→ **WORK REQUEST**: Go through the entries below and tally the lines holding "StdSink"; please reply with the number only.

══ SOURCE DATA ══

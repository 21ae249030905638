//! Uses of a hypothesis at a place of a goal.
use crate::lemma_answer::ended;
use rx_inference::Side;
use rx_match::{FmEnd, Use, find_use, find_use_beside};
use rx_row::Constraint;
use rx_solve::refutes;
use rx_term::{Equation, Rule, RuleSet};
use rx_words::push_subst;
use std::alloc::Global;
use test_lines::{Answer, equation, nothing, rule, written};

// A side of the goal, `l` or `r`.
fn side_of(word: &str) -> Option<Side> {
    match word {
        "l" => Some(Side::Left),
        "r" => Some(Side::Right),
        _ => None,
    }
}

// What replaces the variables of the hypothesis, or why nothing does.
fn answer_of(alloc: Global, found: Result<Option<Use>, FmEnd>) -> Option<Answer> {
    match found {
        Ok(Some(found)) => written(alloc, |out| push_subst(found.subst.as_slice(), out)),
        Ok(None) => nothing(),
        Err(end) => ended(end),
    }
}

// What is found of uses of the hypothesis at a place of the goal: a side, and how many frames are
// outside of the part that is meant. By the part alone, or, over a rule set, by both sides.
fn use_at(
    alloc: Global,
    set: Option<&RuleSet>,
    goal: &Equation,
    hypothesis: &Rule,
    at: &str,
) -> Option<Answer> {
    let (side, place) = at.split_once(' ')?;
    let side = side_of(side)?;
    let place = place.parse().ok()?;
    let mut solve = |rows: &Constraint| refutes(alloc, rows);
    let found = match set {
        Some(set) => find_use_beside(alloc, set, goal, hypothesis, side, place, &mut solve),
        None => find_use(alloc, goal, hypothesis, side, place, &mut solve),
    };
    answer_of(alloc, found)
}

// What is found of uses in the goal of a hypothesis at a place.
fn use_in(alloc: Global, set: Option<&RuleSet>, goal: &Equation, given: &str) -> Option<Answer> {
    let (hypothesis, at) = given.split_once(" | ")?;
    let hypothesis = rule(alloc, hypothesis)?;
    use_at(alloc, set, goal, &hypothesis, at)
}

/// What is found of uses of a hypothesis at a place of a goal: by the matching with the part alone,
/// or over a rule set by that with both sides. None where the line can't be read, or there is no
/// memory.
pub fn use_of(alloc: Global, set: Option<&RuleSet>, given: &str) -> Option<Answer> {
    let (goal, rest) = given.split_once(" | ")?;
    let goal = equation(alloc, goal)?;
    use_in(alloc, set, &goal, rest)
}
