//! A tree that counts its own calls: how often nodes are settled and their choices are found, by
//! how many nodes a search keeps. The nodes and the order of the visits are proved in rx_deepening;
//! that a kept node is settled once, and that its choices are found once, is seen here.

use crate::ends::counts;
use rx_deepening::{Choice, Menu, Settled, Tree, search};
use rx_plain::{Items, NoMemory};
use std::alloc::Global;

// A tree without closed nodes and without notes: either a single node, or two choices at each.
#[derive(Drop)]
struct CountingTree {
    alloc: Global,
    branches: bool,
    settled: usize,
    chosen: usize,
}

impl Tree for CountingTree {
    ghost use Rattle.std.specs.Prelude.{◌∷◌, ℕ, Bool, None, [], false, if◌then◌else◌};

    type Node = u8;

    type Note = u8;

    ghost World = { Bool };

    ghost world = { λ t. t.branches };

    ghost ready = { λ t. Unit {0} };

    ghost View = { ℕ };

    ghost view = { λ n. n };

    ghost valid = { λ w n. Unit {0} };

    ghost settled = { λ w v. record { node = v; closed = false; note = None } };

    ghost menu = { λ w v. record {
      choices = if w then record { number = 1; node = v } ∷ record { number = 2; node = v } ∷ []
          else [];
      note = None;
    } };

    fn settle(&mut self, node: u8) -> Result<Settled<u8, u8>, NoMemory> {
        self.settled = self.settled.saturating_add(1);
        Ok(Settled {
            node,
            closed: false,
            note: None,
        })
    }

    fn choices(&mut self, node: &u8) -> Result<Menu<u8, u8>, NoMemory> {
        self.chosen = self.chosen.saturating_add(1);
        let mut choices = Items::new(self.alloc);
        if self.branches {
            choices.push(Choice {
                number: 1,
                node: *node,
            })?;
            choices.push(Choice {
                number: 2,
                node: *node,
            })?;
        }
        Ok(Menu {
            choices,
            note: None,
        })
    }
}

// How far a search over a tree goes, and how many nodes it keeps.
struct Effort {
    depth: u32,
    budget: u32,
    most_kept: usize,
}

// The numbers of a depth, a budget and of kept nodes, with spaces between them.
fn effort_of(text: &str) -> Option<Effort> {
    let (depth, rest) = text.split_once(' ')?;
    let (budget, most_kept) = rest.split_once(' ')?;
    Some(Effort {
        depth: depth.parse().ok()?,
        budget: budget.parse().ok()?,
        most_kept: most_kept.parse().ok()?,
    })
}

/// How often a search settles nodes and how often it finds choices, over the tree of that name, to
/// a depth, within a budget and with at most so many nodes kept; none where that can't be read or
/// memory ran out.
pub fn counted(alloc: Global, given: &str) -> Option<Vec<u8>> {
    let (name, rest) = given.split_once(' ')?;
    let branches = match name {
        "single" => false,
        "binary" => true,
        _ => return None,
    };
    let effort = effort_of(rest)?;
    let mut tree = CountingTree {
        alloc,
        branches,
        settled: 0,
        chosen: 0,
    };
    let Effort {
        depth,
        budget,
        most_kept,
    } = effort;
    search(alloc, &mut tree, 0, depth, budget, most_kept).ok()?;
    counts(alloc, tree.settled, tree.chosen)
}
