// The rewiring around a new node (document 01, "RRT*"): neighbours that are cheaper under it move.
#![tactic(auto)]

ghost use Rattle.std.specs.Prelude.{◌≡◌, ◌≤◌, ◌<◌, length};
ghost use Rattle.keep_out_table.specs.Table.{keep_outs_of};
ghost use Rattle.neighbours.specs.Neighbours.{Numbers};
ghost use Rattle.rewire.specs.Rewiring.{Rewires};

use choice::Choice;
use mount::Mount;
use state::State;
use tree::Tree;

// The new node is the tree's last. Each neighbour that costs less under it and can be reached from it moves there; the new node's parent stays.
pub fn rewire(
    tree: &mut Tree,
    cost: &mut [f64; 512],
    neighbours: &[usize],
    mount: &Mount,
    new: State,
    choice: Choice,
)
    requires { (0 < tree.old.count) × (tree.old.count ≤ 512) × Numbers tree.old.count neighbours.now × (length cost.old ≡ 512) }
    ensures { Rewires mount.now.limits mount.now.segment.value (keep_outs_of mount.now.table) new choice tree.old cost.old neighbours.now tree.new cost.new }
{
    let number = tree.count - 1;
    for &i in neighbours {
        let node = tree.nodes[i].state;
        let under = choice.cost + node.distance(new);
        if i != choice.parent && under < cost[i] && mount.check_motion(new, node) {
            tree.nodes[i].parent = number;
            cost[i] = under;
        }
    }
}
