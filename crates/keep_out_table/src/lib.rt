// The table of at most 32 keep-outs (document 01, "The mount").
#![tactic(auto)]

ghost use Rattle.std.specs.Prelude.{◌≡◌, map, take, min};
ghost use Rattle.std.specs.List.{list_all, list_any};
ghost use Rattle.keep_out.specs.Good.{good_keep_out};
ghost use Rattle.keep_out.specs.Covers.{covers_of, covered_of};
ghost use Rattle.keep_out_table.specs.Table.{keep_outs_of, empty_table, with_of};
ghost use Rattle.keep_out_table.specs.Good.{good_table};

use keep_out::KeepOut;
use state::State;

// A place of the table.
#[derive(Clone, Copy)]
pub struct Slot {
    pub held: KeepOut,
}

// The first count places hold the keep-outs, in the order in which they were added. A count beyond the table reads as its end.
#[derive(Clone, Copy)]
pub struct KeepOuts {
    pub slots: [Slot; 32],
    pub count: usize,
}

impl KeepOuts {
    pub const MOST: usize = 32;

    pub fn new() -> KeepOuts
        ensures { result ≡ empty_table }
    {
        let slot = Slot {
            held: KeepOut::Floor(0.0),
        };
        KeepOuts {
            slots: [slot; 32],
            count: 0,
        }
    }

    // The places that hold keep-outs.
    pub fn held(&self) -> &[Slot]
        ensures { result.now ≡ take self.now.count self.now.slots }
    {
        let count = self.count.min(KeepOuts::MOST);
        &self.slots[..count]
    }

    // A table with one keep-out more, if it has room for it.
    pub fn with(self, k: KeepOut) -> Option<KeepOuts>
        ensures { result ≡ with_of self k }
    {
        let n = self.count;
        if KeepOuts::MOST <= n {
            return None;
        }
        let mut table = self;
        table.slots[n] = Slot { held: k };
        table.count = n + 1;
        Some(table)
    }

    // At most 32, each with good numbers.
    pub fn is_good(&self) -> bool
        ensures { result ≡ good_table self.now }
    {
        self.count <= KeepOuts::MOST && all_good(self.held())
    }

    // Whether one of them covers the state.
    pub fn covers(&self, s: State) -> bool
        ensures { result ≡ covered_of (keep_outs_of self.now) s }
    {
        any_covers(self.held(), s)
    }
}

fn all_good(slots: &[Slot]) -> bool
    ensures { result ≡ list_all (λ slot. good_keep_out slot.held) slots.now }
{
    slots.iter().all(|slot| slot.held.is_good())
}

fn any_covers(slots: &[Slot], s: State) -> bool
    ensures { result ≡ list_any (λ slot. covers_of slot.held s) slots.now }
{
    slots.iter().any(|slot| slot.held.covers(s))
}
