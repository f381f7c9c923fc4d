//! Items under pairs of numbers.

ghost use Rattle.std.specs.Prelude.{◌≡◌, MatchResult};
ghost use Rattle.buckets.specs.Buckets.{bucket, HasSameItems, PushesAt};

use base_kit::NoMemory;
use number_hashing::NumberHashing;
use std::alloc::Global;
use std::collections::HashMap;

/// The items of each pair.
pub type Index<T> = HashMap<(u32, u32), Vec<T>, NumberHashing>;

/// Puts the item last at that pair.
///
/// # Errors
/// Out of memory: the items of each pair stay.
pub fn push_at<T>(
    alloc: Global,
    index: &mut Index<T>,
    pair: (u32, u32),
    item: T,
) -> Result<(), NoMemory>
where
    T: Drop,
    ensures { MatchResult result (λ _. PushesAt index.old index.new pair item) (λ _. HasSameItems index.old index.new) }
{
    if let Some(items) = index.get_mut(&pair) {
        items.push(item)?;
        return Ok(());
    }
    let mut items = Vec::new(alloc);
    items.push(item)?;
    index.insert(pair, items)?;
    Ok(())
}

/// The items at that pair, in order.
pub fn items_at<T>(index: &Index<T>, pair: (u32, u32)) -> &[T]
    ensures { result.now ≡ bucket index.now pair }
{
    match index.get(&pair) {
        Some(items) => items.as_slice(),
        None => &[],
    }
}
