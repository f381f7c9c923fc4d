//! Items by pairs of numbers, those of one pair in the order in which they came.
//!
//! Crates that look for what belongs together, as the interfaces of a subnet, put it into an `Index`.
//! `proofs/` has the lemma of one turn: an index of some items, with one item more.
#![tactic(auto)]

mod index;

pub use index::{Index, items_at, push_at};
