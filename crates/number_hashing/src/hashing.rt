//! The hash of a table of numbers.

use std::hash::{BuildHasher, DefaultHasher, FoldHasher, Hash, Hasher};

/// So many numbers are hashed without a key: if their hashes meet, they cost little.
pub const FEW: usize = 64;

/// How the numbers of a table are hashed: as the kit does it, from a state of its own.
#[derive(Clone, Copy)]
pub struct NumberHashing {
    initial: FoldHasher,
}

impl BuildHasher for NumberHashing {
    type Hasher = FoldHasher;

    ghost build_hasher = { λ hashing. hashing.initial };

    fn build_hasher(&self) -> FoldHasher {
        self.initial
    }
}

impl NumberHashing {
    /// The hash without a key, for few numbers and for numbers that no text chooses.
    pub fn plain() -> Self {
        NumberHashing {
            initial: FoldHasher::default(),
        }
    }
}

/// A digest of the numbers that a table will have. Of few there is none.
#[derive(Drop)]
pub struct NumberDigest {
    digest: Option<DefaultHasher>,
}

impl NumberDigest {
    /// The digest for so many numbers, before the first.
    pub fn for_count(count: usize) -> Self {
        if count <= FEW {
            return NumberDigest { digest: None };
        }
        NumberDigest {
            digest: Some(DefaultHasher::new()),
        }
    }

    /// Adds a number.
    pub fn add_number(&mut self, number: u64) {
        if let Some(digest) = &mut self.digest {
            digest.write_u64(number);
        }
    }

    /// Adds two numbers. They are one word to SipHash, which takes a word in the time of a byte.
    pub fn add_pair(&mut self, first: u32, second: u32) {
        self.add_number(u64::from(first) << 32 | u64::from(second));
    }

    /// Adds a key that is made of numbers.
    pub fn add<K: Hash>(&mut self, key: &K) {
        if let Some(digest) = &mut self.digest {
            key.hash(digest);
        }
    }

    /// The hash for these numbers.
    pub fn hashing(self) -> NumberHashing {
        let Some(digest) = self.digest else {
            return NumberHashing::plain();
        };
        let mut initial = FoldHasher::default();
        initial.write_u64(digest.finish());
        NumberHashing { initial }
    }
}
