//! How a table hashes numbers that a text may choose, as addresses.
//!
//! The hash of the kit has a fixed seed, so addresses can be chosen whose hashes meet. A table of many
//! keys takes a hash that begins with the SipHash of all of them: keys chosen for one such beginning would
//! have to have it, one of 2^64.
#![tactic(auto)]

mod hashing;

pub use hashing::{FEW, NumberDigest, NumberHashing};
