//! The outbox of a control channel (RFC 2661 section 5.8 and appendix A): the letters that are unacknowledged or unsent,
//! with the window that lets them go and the timer that repeats the oldest of them.
#![tactic(auto)]

ghost use Rattle.send_window.specs.History.{EachCallIsAStep, LendsByNumber, KeepsTheRest};

mod congestion;
mod letters;
mod outbox;
mod window;

pub use congestion::Congestion;
pub use letters::Letters;
pub use outbox::{Outbox, PutError};
pub use window::{LIMIT, SendWindow, Tick};

/// Each call is a step of the whole list of letters, whose numbers have no end: it answers as the whole list does, and
/// after every history of calls the outbox keeps the rest of it, from the first unacknowledged letter on.
pub fn keeps_the_rest()
    ensures step { EachCallIsAStep }
    ensures lends { LendsByNumber }
    ensures run { KeepsTheRest }
{}
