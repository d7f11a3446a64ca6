//! The program `l2tp`: `replay` runs a schedule over both ends of L2TP tunnels and writes its report, `make` draws one from a seed, and `node`
//! and `pool` run one end over UDP, `pool` with workers in threads of their own.
//!
//! `main` makes the real objects and calls a top call, which carries the theorem.
#![tactic(auto)]

mod answer;
mod exit;
mod making;
mod node;
mod texts;
mod top;
mod words;

use crate::exit::Exit;
use crate::making::make_top;
use crate::node::{Command, run_command};
use crate::top::replay_top;
use port_traits::{StdSink, StdSource};
use std::env;
use std::io::ErrorKind;
use std::process::ExitCode;
use std::sync::Wait;
use std::thread::Threads;

/// The words after the program's name. One that isn't UTF-8 makes a command line that is no command, as no words do.
fn command_words(rt: &HostRuntime) -> Result<Vec<String>, Exit> {
    match env::args(rt) {
        Ok(words) => {
            let mut words = words;
            let _program = words.next();
            words.collect(rt.alloc()).map_err(|_| Exit::NoMemory)
        }
        Err(error) if error.kind() == ErrorKind::OutOfMemory => Err(Exit::NoMemory),
        Err(_) => Ok(Vec::new(rt.alloc())),
    }
}

/// Does what the words ask for, and gives the status of the process. The first word tells which call is made.
fn run<T: Threads + Wait + Sync>(rt: &HostRuntime, threads: &T, words: &[String]) -> u8 {
    let mut sink = StdSink::new(rt.stdout());
    let first = match words.first() {
        Some(word) => word.as_str(),
        None => "",
    };
    if first == "make" {
        make_top(rt.alloc(), words, &mut sink).status()
    } else if first == "node" {
        run_command(rt, threads, Command::Node, words)
    } else if first == "pool" {
        run_command(rt, threads, Command::Pool, words)
    } else {
        let mut source = StdSource::new(rt.stdin());
        replay_top(rt.alloc(), words, &mut source, &mut sink).status()
    }
}

fn main(rt: HostRuntime) -> ExitCode {
    let status = match command_words(&rt) {
        Ok(words) => run(&rt, &rt, words.as_slice()),
        Err(exit) => exit.status(),
    };
    ExitCode::from(status)
}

═══

→ **TASK RESULT**: 2